▶ _TRY IT_:
Search the listing for the word "None". Copy every line where it is found.

******

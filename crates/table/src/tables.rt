// The table, and what is done with it.
ghost use Rattle.std.specs.Prelude.{◌≡◌, ℕ, ◌<◌, ◌≤◌, [], ◌∷◌, ◌++◌, map, length, slice_set, option_map, filter};
ghost use Rattle.table.specs.Tables.{at, but, last_under, moved_up, parent_at};

use crate::orders::Order;
use crate::records::Snapshot;

// Snapshots by their numbers, and the numbers of those that are live in the order in which they were made.
#[derive(Clone, Copy, Debug, PartialEq, Eq)]
pub struct Table {
    snapshots: [Option<Snapshot>; 64],
    order: Order,
    ghost full: { length snapshots ≡ 64 },
    ghost few: { length order.made ≤ 64 },
}

impl Table {
    // A table without snapshots.
    pub fn new() -> Table
        ensures snapshots { (s : ℕ) → at result.snapshots s ≡ None }
        ensures made { result.order.made ≡ [] }
    {
        Table {
            snapshots: [None; 64],
            order: Order::new(),
        }
    }

    // The snapshot with a number, if there is one.
    pub fn get(&self, number: u8) -> Option<Snapshot>
        ensures value { result ≡ at self.now.snapshots number }
    {
        *self.snapshots.get(usize::from(number))?
    }

    // The number of the snapshot that the one with a number stands under.
    fn parent(&self, number: u8) -> Option<u8>
        ensures { result ≡ parent_at self.now.snapshots number }
    {
        self.get(number)?.parent
    }

    // Puts a snapshot that is made now into the place of its number, where there is room for one more.
    // Not by `get_mut`: after that, nothing is known of the array.
    pub fn add(&mut self, number: u8, snapshot: Snapshot)
        ensures snapshots { self.new.snapshots ≡ slice_set self.old.snapshots number (Some snapshot) }
        ensures made { length self.old.order.made < 64 → number < 64 → self.new.order.made ≡ self.old.order.made ++ (number ∷ []) }
    {
        let place = usize::from(number);
        if place < self.snapshots.len() {
            self.snapshots[place] = Some(snapshot);
            self.order.push(number);
        }
    }

    // Ends a snapshot: its place is empty, and those that stood under it stand under its parent.
    pub fn remove(&mut self, number: u8)
        ensures snapshots { number < 64 → self.new.snapshots ≡ slice_set (map (option_map (moved_up number (parent_at self.old.snapshots number))) self.old.snapshots) number None }
        ensures made { number < 64 → self.new.order.made ≡ filter (but number) self.old.order.made }
    {
        let place = usize::from(number);
        if place < self.snapshots.len() {
            let parent = self.parent(number);
            self.move_children_up(number, parent);
            self.snapshots[place] = None;
            self.order.strike(number);
        }
    }

    // Moves those that stand under a snapshot under another.
    fn move_children_up(&mut self, number: u8, parent: Option<u8>)
        ensures snapshots { self.new.snapshots ≡ map (option_map (moved_up number parent)) self.old.snapshots }
        ensures order { self.new.order ≡ self.old.order }
    {
        for place in &mut self.snapshots {
            if let Some(snapshot) = place {
                snapshot.move_up(number, parent);
            }
        }
    }

    // The snapshot that was made last of those that stand under the one with a number.
    pub fn last_child(&self, number: u8) -> Option<u8>
        ensures value { result ≡ last_under self.now.snapshots number self.now.order.made }
    {
        self.order
            .numbers()
            .iter()
            .rev()
            .copied()
            .find(|other| self.parent(*other) == Some(number))
    }
}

******

▶ _EXERCISE OUTPUT_:
        ensures snapshots { (s : ℕ) → at result.snapshots s ≡ None }
            snapshots: [None; 64],
        ensures snapshots { number < 64 → self.new.snapshots ≡ slice_set (map (option_map (moved_up number (parent_at self.old.snapshots number))) self.old.snapshots) number None }
            self.snapshots[place] = None;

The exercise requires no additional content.